**Supplied entries**
- Opening Delimiter -

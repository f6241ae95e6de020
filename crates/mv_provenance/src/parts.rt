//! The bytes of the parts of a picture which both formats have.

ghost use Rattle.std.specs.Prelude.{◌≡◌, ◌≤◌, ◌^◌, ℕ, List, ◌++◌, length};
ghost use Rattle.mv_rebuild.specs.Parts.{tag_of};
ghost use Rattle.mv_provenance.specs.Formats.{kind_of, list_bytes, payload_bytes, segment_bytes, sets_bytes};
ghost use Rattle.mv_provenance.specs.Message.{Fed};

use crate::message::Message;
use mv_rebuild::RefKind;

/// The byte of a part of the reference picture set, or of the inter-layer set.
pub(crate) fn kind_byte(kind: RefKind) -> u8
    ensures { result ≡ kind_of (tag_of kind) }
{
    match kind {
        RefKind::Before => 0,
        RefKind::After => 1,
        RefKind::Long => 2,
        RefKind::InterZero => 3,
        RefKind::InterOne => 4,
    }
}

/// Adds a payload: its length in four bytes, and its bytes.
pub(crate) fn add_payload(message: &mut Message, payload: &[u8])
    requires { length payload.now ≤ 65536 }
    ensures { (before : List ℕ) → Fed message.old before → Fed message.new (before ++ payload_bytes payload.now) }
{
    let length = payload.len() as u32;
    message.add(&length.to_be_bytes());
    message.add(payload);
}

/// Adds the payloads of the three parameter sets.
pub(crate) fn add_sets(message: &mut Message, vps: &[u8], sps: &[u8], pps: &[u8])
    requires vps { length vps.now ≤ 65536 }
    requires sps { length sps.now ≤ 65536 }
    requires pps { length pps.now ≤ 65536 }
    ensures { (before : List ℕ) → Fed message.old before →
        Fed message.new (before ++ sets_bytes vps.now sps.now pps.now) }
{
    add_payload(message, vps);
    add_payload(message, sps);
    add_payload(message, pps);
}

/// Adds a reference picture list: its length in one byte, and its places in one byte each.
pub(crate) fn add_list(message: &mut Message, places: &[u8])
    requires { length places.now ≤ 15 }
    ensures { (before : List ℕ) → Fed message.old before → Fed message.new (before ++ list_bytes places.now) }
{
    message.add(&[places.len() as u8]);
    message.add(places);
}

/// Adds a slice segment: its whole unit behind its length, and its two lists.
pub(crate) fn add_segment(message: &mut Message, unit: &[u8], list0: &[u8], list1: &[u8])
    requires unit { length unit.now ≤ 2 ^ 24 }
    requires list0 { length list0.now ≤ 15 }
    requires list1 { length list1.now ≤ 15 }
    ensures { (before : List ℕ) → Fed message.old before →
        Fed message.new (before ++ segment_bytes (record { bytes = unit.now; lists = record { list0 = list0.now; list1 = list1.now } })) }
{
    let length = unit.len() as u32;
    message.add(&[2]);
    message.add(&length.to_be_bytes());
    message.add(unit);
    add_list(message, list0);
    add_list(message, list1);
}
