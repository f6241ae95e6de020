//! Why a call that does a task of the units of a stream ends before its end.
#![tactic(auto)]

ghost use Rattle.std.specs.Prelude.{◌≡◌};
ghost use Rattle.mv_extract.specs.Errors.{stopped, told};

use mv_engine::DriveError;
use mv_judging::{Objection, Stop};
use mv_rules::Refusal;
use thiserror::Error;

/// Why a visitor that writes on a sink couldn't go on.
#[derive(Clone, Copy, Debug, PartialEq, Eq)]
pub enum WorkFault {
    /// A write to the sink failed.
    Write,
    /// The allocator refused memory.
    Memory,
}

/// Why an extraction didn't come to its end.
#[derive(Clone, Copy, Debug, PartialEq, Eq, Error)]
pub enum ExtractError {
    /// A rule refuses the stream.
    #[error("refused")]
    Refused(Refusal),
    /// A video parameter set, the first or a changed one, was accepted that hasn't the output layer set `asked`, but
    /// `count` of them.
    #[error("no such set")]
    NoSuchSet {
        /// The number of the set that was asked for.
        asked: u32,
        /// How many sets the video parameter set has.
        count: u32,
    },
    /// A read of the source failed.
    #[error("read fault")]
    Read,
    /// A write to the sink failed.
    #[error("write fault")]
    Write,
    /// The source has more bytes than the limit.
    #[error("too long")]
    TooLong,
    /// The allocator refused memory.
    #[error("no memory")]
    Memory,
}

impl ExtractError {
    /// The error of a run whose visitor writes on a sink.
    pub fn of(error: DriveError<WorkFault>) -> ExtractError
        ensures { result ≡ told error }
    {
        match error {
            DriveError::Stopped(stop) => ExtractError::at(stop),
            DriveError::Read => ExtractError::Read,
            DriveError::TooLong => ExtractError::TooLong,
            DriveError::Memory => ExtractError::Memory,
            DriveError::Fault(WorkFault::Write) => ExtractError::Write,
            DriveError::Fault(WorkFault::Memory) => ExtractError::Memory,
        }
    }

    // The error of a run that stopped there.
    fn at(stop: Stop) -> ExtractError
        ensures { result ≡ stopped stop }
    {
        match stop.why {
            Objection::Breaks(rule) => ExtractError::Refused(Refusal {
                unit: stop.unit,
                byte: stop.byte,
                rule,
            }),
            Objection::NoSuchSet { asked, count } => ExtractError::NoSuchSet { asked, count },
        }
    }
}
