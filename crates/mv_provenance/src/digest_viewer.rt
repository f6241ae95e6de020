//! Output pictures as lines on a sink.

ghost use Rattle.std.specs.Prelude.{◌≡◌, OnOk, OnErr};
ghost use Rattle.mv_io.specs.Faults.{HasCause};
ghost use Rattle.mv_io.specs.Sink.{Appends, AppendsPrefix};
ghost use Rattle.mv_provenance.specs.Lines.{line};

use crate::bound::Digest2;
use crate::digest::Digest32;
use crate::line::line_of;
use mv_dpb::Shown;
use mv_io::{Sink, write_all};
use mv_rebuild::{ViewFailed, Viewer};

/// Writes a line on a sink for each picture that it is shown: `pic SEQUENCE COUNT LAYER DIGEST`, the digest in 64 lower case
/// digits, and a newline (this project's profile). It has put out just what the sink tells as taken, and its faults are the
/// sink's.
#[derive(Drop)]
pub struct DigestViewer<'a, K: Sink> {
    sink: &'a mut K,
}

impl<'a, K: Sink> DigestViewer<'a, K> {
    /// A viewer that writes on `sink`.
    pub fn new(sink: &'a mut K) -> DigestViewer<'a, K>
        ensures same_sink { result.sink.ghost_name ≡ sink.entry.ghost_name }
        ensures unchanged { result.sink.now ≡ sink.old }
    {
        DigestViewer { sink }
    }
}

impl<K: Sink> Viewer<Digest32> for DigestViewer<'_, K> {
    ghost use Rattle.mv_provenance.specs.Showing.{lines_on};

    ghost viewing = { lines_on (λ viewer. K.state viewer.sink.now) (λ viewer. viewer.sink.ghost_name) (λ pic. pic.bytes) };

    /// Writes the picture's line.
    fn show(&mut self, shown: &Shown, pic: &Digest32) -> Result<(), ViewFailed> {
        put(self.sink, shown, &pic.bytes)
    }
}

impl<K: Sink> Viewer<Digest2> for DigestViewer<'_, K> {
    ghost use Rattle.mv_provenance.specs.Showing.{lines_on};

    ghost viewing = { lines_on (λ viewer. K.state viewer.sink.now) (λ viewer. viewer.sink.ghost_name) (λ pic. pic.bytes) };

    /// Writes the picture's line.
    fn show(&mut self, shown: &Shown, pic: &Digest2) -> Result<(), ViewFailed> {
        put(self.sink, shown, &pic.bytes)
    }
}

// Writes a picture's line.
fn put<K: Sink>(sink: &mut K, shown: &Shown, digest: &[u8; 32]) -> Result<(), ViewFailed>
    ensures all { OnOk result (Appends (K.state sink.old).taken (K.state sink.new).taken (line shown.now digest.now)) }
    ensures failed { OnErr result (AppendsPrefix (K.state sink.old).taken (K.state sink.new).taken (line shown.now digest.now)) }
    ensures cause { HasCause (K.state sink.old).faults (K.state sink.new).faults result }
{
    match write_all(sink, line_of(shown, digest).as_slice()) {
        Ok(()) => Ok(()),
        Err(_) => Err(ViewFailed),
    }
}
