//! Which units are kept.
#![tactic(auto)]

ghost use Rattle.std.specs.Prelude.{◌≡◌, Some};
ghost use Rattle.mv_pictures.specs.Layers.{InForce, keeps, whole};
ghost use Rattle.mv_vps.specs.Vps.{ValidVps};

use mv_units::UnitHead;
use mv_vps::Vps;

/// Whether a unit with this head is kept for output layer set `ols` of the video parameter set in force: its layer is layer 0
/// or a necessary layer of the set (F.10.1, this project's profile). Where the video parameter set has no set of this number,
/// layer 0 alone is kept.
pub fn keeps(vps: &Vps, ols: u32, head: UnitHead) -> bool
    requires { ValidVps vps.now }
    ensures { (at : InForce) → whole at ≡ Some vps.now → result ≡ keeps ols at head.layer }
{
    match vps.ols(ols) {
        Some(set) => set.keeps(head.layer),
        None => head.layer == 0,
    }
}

- Closing Delimiter -

**Instructions to follow**
Quote exactly the first line of the entries and every line after it, stopping with the line that contains "length vps.now ≤".

**Solved exercise**
repository f6241ae95e6de020
filename crates/mv_provenance/src/parts.rt
//! The bytes of the parts of a picture which both formats have.

ghost use Rattle.std.specs.Prelude.{◌≡◌, ◌≤◌, ◌^◌, ℕ, List, ◌++◌, length};
ghost use Rattle.mv_rebuild.specs.Parts.{tag_of};
ghost use Rattle.mv_provenance.specs.Formats.{kind_of, list_bytes, payload_bytes, segment_bytes, sets_bytes};
ghost use Rattle.mv_provenance.specs.Message.{Fed};

use crate::message::Message;
use mv_rebuild::RefKind;

/// The byte of a part of the reference picture set, or of the inter-layer set.
pub(crate) fn kind_byte(kind: RefKind) -> u8
    ensures { result ≡ kind_of (tag_of kind) }
{
    match kind {
        RefKind::Before => 0,
        RefKind::After => 1,
        RefKind::Long => 2,
        RefKind::InterZero => 3,
        RefKind::InterOne => 4,
    }
}

/// Adds a payload: its length in four bytes, and its bytes.
pub(crate) fn add_payload(message: &mut Message, payload: &[u8])
    requires { length payload.now ≤ 65536 }
    ensures { (before : List ℕ) → Fed message.old before → Fed message.new (before ++ payload_bytes payload.now) }
{
    let length = payload.len() as u32;
    message.add(&length.to_be_bytes());
    message.add(payload);
}

/// Adds the payloads of the three parameter sets.
pub(crate) fn add_sets(message: &mut Message, vps: &[u8], sps: &[u8], pps: &[u8])
    requires vps { length vps.now ≤ 65536 }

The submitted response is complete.